Второе пробуждение было еще более тягостным. Голова раскалывалась, во рту был вкус ржавого металла, запястья и лодыжки саднило от грубого железа с острыми краями.
Попытка подняться хотя бы на колени не удалась, голова закружилась, и я грохнулся лицом в вонючую солому. Перевернувшись на бок, сколько позволяли оковы, и кое-как устроившись, начал вспоминать, что со мной произошло.
Сознание возвращалось медленно и неохотно. Мне хотелось спрятаться в сон, чтобы ни о чем не думать, чтобы всё плохое прошло само собой. Я так и сделал, после чего некоторое время лежал, мысленно отстраняясь от всего сущего. Но ничего не кончалось, и вернуться в блаженный мир сна и покоя не удалось: солома издавала отвратительный гнилостный запах, всё тело ныло, запястья и щиколотки обдирали стальные кандальные браслеты.
Усилим воли я заставил себя окончательно вернуться к реальности и огляделся. Кругом были какие-то каменные стены, скрытые густой тьмой. Узкая полоска света пробивалась в щель то ли далекой двери, то ли ставни, закрывающей невидимое окно. Слабого освещения едва хватало, чтобы разглядеть ближайшие от меня стены из грубо отесанного камня.
Преодолевая слабость и головокружение, я подполз к стене и сел, привалившись к ней спиной. Теперь стало возможно рассмотреть весь каземат. Это было довольно просторное помещение с низким, нависающим сферическим потолком. Три стены были глухими, в четвертой прорезана маленькая арочная дверь, больше похожая на окно. Руки и ноги у меня оказались скованными толстенными цепями.
«Слава Богу, хоть ядро к ноге не прицепили», - подумал я без особой радости.
Была в эти благословенные, патриархальные времена такая мода - чтобы «колодники» не убежали, им к ножным кандалам приковывали ядро от пушки, которое тащилось при ходьбе следом, затрудняя движения.

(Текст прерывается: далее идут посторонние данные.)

//! The errors of the removal of members.
use std::alloc::{AllocError, AllocFailed};
use thiserror::Error;

/// Why no text is returned. It prints as one line of text.
#[derive(Debug, Drop, Error, PartialEq)]
pub enum CleanFault {
    /// The bytes are not UTF-8, or not JSON as `serde_json` reads it: arrays and objects are nested at most 127 deep.
    #[error("not JSON")]
    NotJson,
    /// An allocation failed.
    #[error("out of memory")]
    Memory,
    /// The result was read again and is not the document without the members that reading drops. This is a bug.
    #[error("internal error: the cleaned text differs from the document in more than the removed members")]
    Internal,
}

impl From<AllocError> for CleanFault {
    ghost use Rattle.std.specs.Prelude.{◌≡◌};
    ghost use Rattle.openapi_removal.specs.declared.fault.CleanFault.TheVariants.{Memory};

    ghost from_gives = { λ _ f. f ≡ Memory };

    fn from(_refused: AllocError) -> CleanFault {
        CleanFault::Memory
    }
}

impl From<Failure> for CleanFault {
    ghost use Rattle.std.specs.Prelude.{◌≡◌};
    ghost use Rattle.openapi_removal.specs.Faults.{fault_of};

    ghost from_gives = { λ e f. f ≡ fault_of e };

    fn from(failure: Failure) -> CleanFault {
        match failure {
            Failure::Memory => CleanFault::Memory,
            Failure::Internal => CleanFault::Internal,
        }
    }
}

/// Why no text was made of a document that was read.
#[derive(Clone, Copy, Drop)]
pub(crate) enum Failure {
    /// An allocation failed.
    Memory,
    /// The text is not what it has to be.
    Internal,
}

impl From<AllocError> for Failure {
    fn from(_refused: AllocError) -> Failure {
        Failure::Memory
    }
}

impl<T: Drop> From<AllocFailed<T>> for Failure {
    fn from(_refused: AllocFailed<T>) -> Failure {
        Failure::Memory
    }
}
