//! The JSON value of a text.
ghost use Rattle.std.specs.Prelude.{◌≡◌, IfOk, Some};
ghost use Rattle.json.specs.Value.{value_view};
ghost use Rattle.openapi_json.specs.Ordered.{parsed};

use crate::fault::Failure;
use json::{Error, Reader, Scratch, Value};
use std::alloc::Global;

/// How deep arrays and objects may be nested, as for `serde_json`.
const MAX_DEPTH: usize = 127;

/// Reads a text as a JSON value, as it is written: an object has its members in order, also those whose name comes again, and a number
/// is its text. The text is one that was read before, or what is left of one, so if it is no JSON the error is internal.
pub(crate) fn read_value<'a>(
    alloc: Global,
    text: &'a str,
    scratch: &'a mut Scratch,
) -> Result<Value<'a>, Failure>
    ensures { IfOk result (λ v. parsed text.now ≡ Some (value_view v)) }
{
    let mut reader = Reader::new(text, scratch)?;
    let value = match Value::read(alloc, &mut reader, MAX_DEPTH) {
        Ok(value) => value,
        Err(Error::OutOfMemory) => return Err(Failure::Memory),
        Err(_) => return Err(Failure::Internal),
    };
    if reader.next().is_some() {
        return Err(Failure::Internal);
    }
    Ok(value)
}
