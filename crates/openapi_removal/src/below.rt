//! Locations by the step with which they begin.
ghost use Rattle.std.specs.Prelude.{◌≡◌, [], ◌∷◌, ◌++◌, ℕ, List, IfOk, OnOk};
ghost use Rattle.openapi_node.specs.Place.{indexed, named};
ghost use Rattle.openapi_faults.specs.Without.{behind_step, has_root, inside};
ghost use Rattle.openapi_removal.specs.Below.{at_index, at_name, place_of, places_of};

use openapi_node::PlaceStep;
use std::alloc::{AllocError, Global};
use std::collections::BTreeMap;

/// Locations in an object by the name with which they begin. Each is without that name, so it is seen from the value of the member.
pub(crate) type ByName<'p> = BTreeMap<&'p str, Vec<&'p [PlaceStep]>>;

/// Locations in an array by the index with which they begin. Each is without that index, so it is seen from the item.
pub(crate) type ByIndex<'p> = BTreeMap<usize, Vec<&'p [PlaceStep]>>;

/// Returns the locations that begin with a name, by that name.
pub(crate) fn by_name<'p>(
    alloc: Global,
    places: &[&'p [PlaceStep]],
) -> Result<ByName<'p>, AllocError>
    ensures { IfOk result (λ m. (n : List ℕ) → at_name m n ≡ inside (named n) (places_of places.now)) }
{
    let mut groups = BTreeMap::new(alloc);
    for place in places {
        add_by_name(alloc, &mut groups, *place)?;
    }
    Ok(groups)
}

/// Adds a location, if it begins with a name.
fn add_by_name<'p>(
    alloc: Global,
    groups: &mut ByName<'p>,
    place: &'p [PlaceStep],
) -> Result<(), AllocError>
    ensures { OnOk result ((n : List ℕ) → at_name groups.new n ≡ at_name groups.old n ++ behind_step (named n) (place_of place.entry)) }
{
    let [step, more @ ..] = place else {
        return Ok(());
    };
    match step {
        PlaceStep::Name(name) => add_at_name(alloc, groups, name.as_str(), more),
        PlaceStep::Index(_) => Ok(()),
    }
}

/// Adds a location that begins with a name, without that name.
fn add_at_name<'p>(
    alloc: Global,
    groups: &mut ByName<'p>,
    name: &'p str,
    place: &'p [PlaceStep],
) -> Result<(), AllocError>
    ensures { OnOk result ((n : List ℕ) → at_name groups.new n
        ≡ at_name groups.old n ++ behind_step (named n) (named name.now ∷ place_of place.entry)) }
{
    let mut group = groups.remove(name).unwrap_or(Vec::new(alloc));
    group.push(place)?;
    groups.insert(name, group)?;
    Ok(())
}

/// Returns the locations that begin with an index, by that index.
pub(crate) fn by_index<'p>(
    alloc: Global,
    places: &[&'p [PlaceStep]],
) -> Result<ByIndex<'p>, AllocError>
    ensures { IfOk result (λ m. (i : ℕ) → at_index m i ≡ inside (indexed i) (places_of places.now)) }
{
    let mut groups = BTreeMap::new(alloc);
    for place in places {
        add_by_index(alloc, &mut groups, *place)?;
    }
    Ok(groups)
}

/// Adds a location, if it begins with an index.
fn add_by_index<'p>(
    alloc: Global,
    groups: &mut ByIndex<'p>,
    place: &'p [PlaceStep],
) -> Result<(), AllocError>
    ensures { OnOk result ((i : ℕ) → at_index groups.new i ≡ at_index groups.old i ++ behind_step (indexed i) (place_of place.entry)) }
{
    let [step, more @ ..] = place else {
        return Ok(());
    };
    match step {
        PlaceStep::Name(_) => Ok(()),
        PlaceStep::Index(index) => add_at_index(alloc, groups, *index, more),
    }
}

/// Adds a location that begins with an index, without that index.
fn add_at_index<'p>(
    alloc: Global,
    groups: &mut ByIndex<'p>,
    index: usize,
    place: &'p [PlaceStep],
) -> Result<(), AllocError>
    ensures { OnOk result ((i : ℕ) → at_index groups.new i
        ≡ at_index groups.old i ++ behind_step (indexed i) (indexed index ∷ place_of place.entry)) }
{
    let mut group = groups.remove(&index).unwrap_or(Vec::new(alloc));
    group.push(place)?;
    groups.insert(index, group)?;
    Ok(())
}

/// Returns the locations below an item of an array, or else `none`.
pub(crate) fn below_item<'a, 'p>(
    groups: &'a ByIndex<'p>,
    index: usize,
    none: &'a [&'p [PlaceStep]],
) -> &'a [&'p [PlaceStep]]
    requires { none.now ≡ [] }
    ensures { places_of result.now ≡ at_index groups.now index }
{
    match groups.get(&index) {
        Some(group) => group.as_slice(),
        None => none,
    }
}

/// Returns whether one of the locations is that of the value itself.
pub(crate) fn has_root(places: &[&[PlaceStep]]) -> bool
    ensures { result ≡ has_root (places_of places.now) }
{
    for place in places {
        if place.is_empty() {
            return true;
        }
    }
    false
}
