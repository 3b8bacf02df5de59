// Find, value, key, status and reason; how many fields there are.
ghost use Rattle.abi.specs.Calls.{Tells, fields_tell, Sees, find_sees, Lies, value_lies, key_lies, status_lies, reason_lies};

// How many fields there are: the table's first numbers are then the places of all of them.
#[unsafe(no_mangle)]
pub extern "C" fn bisquecrow_fields(
    head: &[u64],
    table: &[u32],
    block: &[u8],
    store: &[u8],
    count: &mut u64,
) -> u32
    ensures { Tells (fields_tell head.now table.now count.old block.now store.now) result count.new }
{
    abi::looking::bisquecrow_fields(head, table, block, store, count)
}

// The first field from a given number on that has a name: its number, and where its value lies.
#[unsafe(no_mangle)]
pub extern "C" fn bisquecrow_find<'a>(
    head: &[u64],
    table: &[u32],
    block: &'a [u8],
    store: &'a [u8],
    name: &[u8],
    start: usize,
    number: &mut u64,
    from: &mut u64,
    to: &mut u64,
) -> u32
    ensures { Sees (find_sees head.now table.now number.old from.old to.old block.now store.now name.now start) result number.new from.new to.new }
{
    abi::looking::bisquecrow_find(head, table, block, store, name, start, number, from, to)
}

// Where the value of a field lies.
#[unsafe(no_mangle)]
pub extern "C" fn bisquecrow_value(
    head: &[u64],
    table: &[u32],
    block: &[u8],
    store: &[u8],
    number: usize,
    from: &mut u64,
    to: &mut u64,
) -> u32
    ensures { Lies (value_lies head.now table.now from.old to.old block.now store.now number) result from.new to.new }
{
    abi::looking::bisquecrow_value(head, table, block, store, number, from, to)
}

// Where the key of a field lies.
#[unsafe(no_mangle)]
pub extern "C" fn bisquecrow_key(
    head: &[u64],
    table: &[u32],
    block: &[u8],
    store: &[u8],
    number: usize,
    from: &mut u64,
    to: &mut u64,
) -> u32
    ensures { Lies (key_lies head.now table.now from.old to.old block.now store.now number) result from.new to.new }
{
    abi::looking::bisquecrow_key(head, table, block, store, number, from, to)
}

// Where the status lies.
#[unsafe(no_mangle)]
pub extern "C" fn bisquecrow_status(
    head: &[u64],
    table: &[u32],
    block: &[u8],
    store: &[u8],
    from: &mut u64,
    to: &mut u64,
) -> u32
    ensures { Lies (status_lies head.now table.now from.old to.old block.now store.now) result from.new to.new }
{
    abi::looking::bisquecrow_status(head, table, block, store, from, to)
}

// Where the reason lies.
#[unsafe(no_mangle)]
pub extern "C" fn bisquecrow_reason<'a>(
    head: &[u64],
    table: &[u32],
    block: &'a [u8],
    store: &'a [u8],
    from: &mut u64,
    to: &mut u64,
) -> u32
    ensures { Lies (reason_lies head.now table.now from.old to.old block.now store.now) result from.new to.new }
{
    abi::looking::bisquecrow_reason(head, table, block, store, from, to)
}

В голове постепенно прояснялось, но состояние не улучшалось. Очень хотелось пить. Я пошарил вокруг себя в надежде найти бадейку с водой. Увы, о такой мелочи мои неведомые тюремщики, вероятно, не подумали. Ничего кроме осклизлой от сырости, гнилой соломы нащупать не удалось.

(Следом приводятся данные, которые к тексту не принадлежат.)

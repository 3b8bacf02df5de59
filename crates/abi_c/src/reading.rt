// Begin, feed, finish and clear.
ghost use Rattle.std.specs.Prelude.{[], ◌∷◌};
ghost use Rattle.abi.specs.Calls.{Gave, begin_gives, feed_gives, finish_gives, clear_gives};

// Makes the numbers an empty map that is Reading, whatever they were; refused, they stay.
#[unsafe(no_mangle)]
pub extern "C" fn bisquecrow_begin(
    head: &mut [u64],
    table: &[u32],
    limit: usize,
    room: usize,
    awaits: bool,
    quirks: bool,
    block: &[u8],
    store: &[u8],
) -> u32
    ensures { Gave (begin_gives head.old table.now limit room awaits quirks block.now store.now) result [] head.new table.now block.now store.now }
{
    abi::reading::bisquecrow_begin(head, table, limit, room, awaits, quirks, block, store)
}

// Feeds a piece of a block to a map.
#[unsafe(no_mangle)]
pub extern "C" fn bisquecrow_feed(
    head: &mut [u64],
    table: &mut [u32],
    block: &mut [u8],
    store: &mut [u8],
    piece: &[u8],
    taken: &mut u64,
) -> u32
    ensures { Gave (feed_gives head.old table.old block.old store.old piece.now) result (taken.new ∷ []) head.new table.new block.new store.new }
{
    abi::reading::bisquecrow_feed(head, table, block, store, piece, taken)
}

// Tells a map that its input has ended.
#[unsafe(no_mangle)]
pub extern "C" fn bisquecrow_finish(
    head: &mut [u64],
    table: &mut [u32],
    block: &[u8],
    store: &mut [u8],
) -> u32
    ensures { Gave (finish_gives head.old table.old block.now store.old) result [] head.new table.new block.now store.new }
{
    abi::reading::bisquecrow_finish(head, table, block, store)
}

// Makes a map an empty one that is Done.
#[unsafe(no_mangle)]
pub extern "C" fn bisquecrow_clear(
    head: &mut [u64],
    table: &[u32],
    block: &[u8],
    store: &[u8],
) -> u32
    ensures { Gave (clear_gives head.old table.now block.now store.now) result [] head.new table.now block.now store.now }
{
    abi::reading::bisquecrow_clear(head, table, block, store)
}
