// Start, walk and end.
ghost use Rattle.std.specs.Prelude.{[], ◌∷◌};
ghost use Rattle.abi.specs.Calls.{Goes, walker_gives, walk_gives, end_gives};

// Makes the numbers a walker at a position, whatever they were; refused, they stay.
#[unsafe(no_mangle)]
pub extern "C" fn bisquecrow_walker(
    trail: &mut [u64],
    head: &mut [u64],
    table: &[u32],
    room: usize,
    position: u64,
    block: &[u8],
    store: &[u8],
) -> u32
    ensures { Goes (walker_gives trail.old head.old table.now room position block.now store.now) result [] trail.new head.new table.now block.now store.now }
{
    abi::walking::bisquecrow_walker(trail, head, table, room, position, block, store)
}

// Walks over a piece of the file.
#[unsafe(no_mangle)]
pub extern "C" fn bisquecrow_walk(
    trail: &mut [u64],
    head: &mut [u64],
    table: &mut [u32],
    block: &mut [u8],
    store: &mut [u8],
    piece: &[u8],
    taken: &mut u64,
    record: &mut [u64; 4],
) -> u32
    ensures { Goes (walk_gives trail.old head.old table.old «record».old block.old store.old piece.now) result (taken.new ∷ «record».new) trail.new head.new table.new block.new store.new }
{
    abi::walking::bisquecrow_walk(trail, head, table, block, store, piece, taken, record)
}

// Tells a walker that the file has ended.
#[unsafe(no_mangle)]
pub extern "C" fn bisquecrow_end(
    trail: &mut [u64],
    head: &mut [u64],
    table: &[u32],
    block: &[u8],
    store: &[u8],
) -> u32
    ensures { Goes (end_gives trail.old head.old table.now block.now store.now) result [] trail.new head.new table.now block.now store.now }
{
    abi::walking::bisquecrow_end(trail, head, table, block, store)
}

Отдохнув несколько минут, я оперся о стену и, мелодично звеня цепями, встал на ноги и двинулся к дверям. Пройдя несколько шагов, я чуть не споткнулся о кучу тряпья, попавшуюся по дороге. Тряпье зашевелилось и стало приподыматься.
Я остановился, пытаясь разглядеть, что это такое.

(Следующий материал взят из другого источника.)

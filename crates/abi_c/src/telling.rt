// What a map tells, what tests say of maps and of octets, and the resume check.
ghost use Rattle.std.specs.Prelude.{◌≡◌};
ghost use Rattle.abi.specs.Calls.{Tells, code_tells, length_tells, kind_tells, clean_tells, tidy_tells, grammar_tells, equal_tells, resume_tells};

// The status code.
#[unsafe(no_mangle)]
pub extern "C" fn bisquecrow_status_code<'a>(
    head: &[u64],
    table: &[u32],
    block: &'a [u8],
    store: &'a [u8],
    code: &mut u64,
) -> u32
    ensures { Tells (code_tells head.now table.now code.old block.now store.now) result code.new }
{
    abi::telling::bisquecrow_status_code(head, table, block, store, code)
}

// The content length of the first field of that name.
#[unsafe(no_mangle)]
pub extern "C" fn bisquecrow_content_length<'a>(
    head: &[u64],
    table: &[u32],
    block: &'a [u8],
    store: &'a [u8],
    length: &mut u64,
) -> u32
    ensures { Tells (length_tells head.now table.now length.old block.now store.now) result length.new }
{
    abi::telling::bisquecrow_content_length(head, table, block, store, length)
}

// The code of a record's type.
#[unsafe(no_mangle)]
pub extern "C" fn bisquecrow_record_type<'a>(
    head: &[u64],
    table: &[u32],
    block: &'a [u8],
    store: &'a [u8],
    code: &mut u64,
) -> u32
    ensures { Tells (kind_tells head.now table.now code.old block.now store.now) result code.new }
{
    abi::telling::bisquecrow_record_type(head, table, block, store, code)
}

// Whether what a map says is clean.
#[unsafe(no_mangle)]
pub extern "C" fn bisquecrow_clean<'a>(
    head: &[u64],
    table: &[u32],
    block: &'a [u8],
    store: &'a [u8],
) -> u32
    ensures { result ≡ clean_tells head.now table.now block.now store.now }
{
    abi::telling::bisquecrow_clean(head, table, block, store)
}

// Whether a block is tidy for its flags and limit.
#[unsafe(no_mangle)]
pub extern "C" fn bisquecrow_tidy(octets: &[u8], awaits: bool, quirks: bool, limit: usize) -> u32
    ensures { result ≡ tidy_tells octets.now awaits quirks limit }
{
    abi::telling::bisquecrow_tidy(octets, awaits, quirks, limit)
}

// Whether octets are a header by the standard's grammar.
#[unsafe(no_mangle)]
pub extern "C" fn bisquecrow_grammatical(octets: &[u8]) -> u32
    ensures { result ≡ grammar_tells octets.now }
{
    abi::telling::bisquecrow_grammatical(octets)
}

// Whether two maps say the same. The first is checked whole before the second.
#[unsafe(no_mangle)]
pub extern "C" fn bisquecrow_equal<'a>(
    head: &[u64],
    table: &[u32],
    block: &'a [u8],
    store: &'a [u8],
    head2: &[u64],
    table2: &[u32],
    block2: &'a [u8],
    store2: &'a [u8],
) -> u32
    ensures { result ≡ equal_tells head.now table.now block.now store.now head2.now table2.now block2.now store2.now }
{
    abi::telling::bisquecrow_equal(head, table, block, store, head2, table2, block2, store2)
}

// Whether the second message's body may be appended to the first's.
#[unsafe(no_mangle)]
pub extern "C" fn bisquecrow_resume<'a>(
    head: &[u64],
    table: &[u32],
    block: &'a [u8],
    store: &'a [u8],
    head2: &[u64],
    table2: &[u32],
    block2: &'a [u8],
    store2: &'a [u8],
) -> u32
    ensures { result ≡ resume_tells head.now table.now block.now store.now head2.now table2.now block2.now store2.now }
{
    abi::telling::bisquecrow_resume(head, table, block, store, head2, table2, block2, store2)
}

- Тебе что надобно, добрый человек? - раздался хорошо поставленный, звучный голос.
- Воды! - прохрипел я, с трудом ворочая распухшим, шершавым языком.
- У меня есть немного, - сказал неразличимый в темноте сосед по узилищу. - А в двери не стучи, всё равно никто не придет…
Человек привстал и протянул мне деревянную кружку с водой. Я жадно выпил ее до дна. Сразу стало легче.
- Спасибо! - поблагодарил я, опускаясь на пол.
Теперь, вблизи, я разглядел его, сколько было возможно при таком освещении. Это был некто, заросший диким волосом и непонятно во что одетый.
«Какой-то протопоп Аввакум», - подумал я. Сосед повернулся ко мне так, что свет от щели в дверях упал на него, и я увидел часть лица, не заросшего бородой: у него были тонкие черты лица и высокий лоб, который не могли скрыть даже дикорастущие космы. Не знаю, возможно мне показалось или это была игра теней, но лицо было совершенно не средневековое.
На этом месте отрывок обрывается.